Thanks again. As for my C, I know she questions some of the things I am doing and has admitted that this kind of sitch is new-ish to her. That said, she has NOT pushed for me to abandon anything. She and I have decided that it would be best if we work on MY issues and not so much on my marriage. For that, so far, she's been GREAT. Yea, there is some "inner child" stuff going on, but I have to say, I am getting a lot out of it. I had some reservations but I think it will be ok for now. I am willing to keep going so long as I keep feeling there is benefit for me and thus, my marriage. I have no interest in getting in touch with my inner child and losing touch with my W and M.
I told C first thing when I sat down in her office that divorce WAS NOT AN OPTION and I did not want to go down that road. I asked her what her views were on marriage versus the individual and she said she was pro-marriage (uses the Imago principals...very Freudian) and worked to help the individual grow towards a point where they could fully participate in and experience the marriage. Like many experts, C's and others, she just feels that a continuing affair makes it pretty hard to reconcile a marriage.
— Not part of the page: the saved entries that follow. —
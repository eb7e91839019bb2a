//! The lines that are printed.
ghost use Rattle.std.specs.Prelude.{◌≡◌, ◌++◌, ◌≤◌, IfOk, OnOk, string_bytes};
ghost use Rattle.staircase.specs.Staircase.{staircase};
ghost use Rattle.staircase_text.specs.Text.{heading, trial_line, trial_lines, closing, refusal_line, answer_text};

use staircase::Track;
use std::alloc::{AllocError, Global};

#[tactic(auto, unfolding(crate::specs::Text::heading))]
fn heading(
    alloc: Global,
    start: u64,
    threshold: u64,
    step: u64,
    trials: usize,
) -> Result<String, AllocError>
    ensures { IfOk result (λ s. string_bytes s ≡ heading start threshold step trials) }
{
    format!(in alloc; "start {start} threshold {threshold} step {step} trials {trials}\n")
}

#[tactic(auto, unfolding(crate::specs::Text::trial_line))]
fn trial_line(alloc: Global, trial: usize, level: u8, heard: bool) -> Result<String, AllocError>
    ensures { IfOk result (λ s. string_bytes s ≡ trial_line trial level heard) }
{
    let reply = if heard { "heard" } else { "unheard" };
    format!(in alloc; "{trial} {level} {reply}\n")
}

#[tactic(auto, unfolding(crate::specs::Text::closing))]
fn closing(alloc: Global, reversals: usize) -> Result<String, AllocError>
    ensures { IfOk result (λ s. string_bytes s ≡ closing reversals) }
{
    format!(in alloc; "reversals {reversals}\n")
}

/// The line of a refusal: `X` and its number, which is 0 for arguments that are no staircase's.
#[tactic(auto, unfolding(crate::specs::Text::refusal_line))]
pub(crate) fn refusal_line(alloc: Global, refusal: u32) -> Result<String, AllocError>
    ensures { IfOk result (λ s. string_bytes s ≡ refusal_line refusal) }
{
    format!(in alloc; "X {refusal}\n")
}

// The lines of the first trials of a track, behind a text.
#[tactic(auto, unfolding(crate::specs::Text::trial_lines))]
fn push_trials(
    alloc: Global,
    text: &mut String,
    trials: usize,
    track: &Track,
) -> Result<(), AllocError>
    requires { trials ≤ 1000 }
    ensures { OnOk result (string_bytes text.new ≡ string_bytes text.old ++ trial_lines trials track.now) }
{
    for trial in 0..trials {
        let line = trial_line(alloc, trial, track.levels[trial], track.heard[trial])?;
        text.push_str(line.as_str())?;
    }
    Ok(())
}

/// The text of a staircase, or of its refusal.
#[tactic(auto, unfolding(crate::specs::Text::answer_text))]
pub(crate) fn staircase_text(
    alloc: Global,
    start: u64,
    threshold: u64,
    step: u64,
    trials: usize,
    lapses: &[usize],
) -> Result<String, AllocError>
    ensures { IfOk result (λ s. string_bytes s
        ≡ answer_text start threshold step trials (staircase start threshold step trials lapses.now)) }
{
    match staircase::staircase(start, threshold, step, trials, lapses) {
        Ok(track) => {
            let mut text = heading(alloc, start, threshold, step, trials)?;
            push_trials(alloc, &mut text, trials, &track)?;
            text.push_str(closing(alloc, track.reversals)?.as_str())?;
            Ok(text)
        }
        Err(refusal) => refusal_line(alloc, refusal.number()),
    }
}
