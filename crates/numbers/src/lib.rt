// Arithmetic on machine numbers as the definitions have it: every function has an answer for all numbers.
#![tactic(auto)]

ghost use Rattle.std.specs.Prelude.{◌≡◌, ◌/◌, ◌%◌, ◌≤◌};

// 0 where b is.
pub fn quotient(a: usize, b: usize) -> usize
    ensures { (result ≡ a / b) × (result ≤ a) }
{
    a.checked_div(b).unwrap_or(0)
}

// a where b is 0.
pub fn remainder(a: usize, b: usize) -> usize
    ensures { result ≡ a % b }
{
    a.checked_rem(b).unwrap_or(a)
}

// The same where b is most often a power of two: then nothing is divided. Whether it is one is not left to
// `is_power_of_two`: std has no law that leads from its answer to a power.
pub fn power_quotient(a: usize, b: usize) -> usize
    ensures { (result ≡ a / b) × (result ≤ a) }
{
    let places = b.trailing_zeros() % 64;
    if b == 1 << places {
        return a >> places;
    }
    quotient(a, b)
}

#[tactic(auto, using(crate::proofs::Power::masked))]
pub fn power_remainder(a: usize, b: usize) -> usize
    ensures { result ≡ a % b }
{
    if b == 1 << b.trailing_zeros() % 64 {
        return a & b - 1;
    }
    remainder(a, b)
}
I get that, I just am willing to give it time before I make any decisions.
So, your worries are my worries. Like so many others, I just opened the phone book and found a C. Actually I did it via some referral website but I did not comparison shop. I just needed someone who accepted my insurance and would see me ASAP before I lost my mind. She fit that bill and here I am.
For the next several sessions we have as a goal to work on my self esteem, control and communication issues. I believe it will do wonders for me.
As for hobbies, as I have said all along, I have always had a life outside the house, including work that many would consider a hobby. I have not stopped this so I think I am doing ok on that front.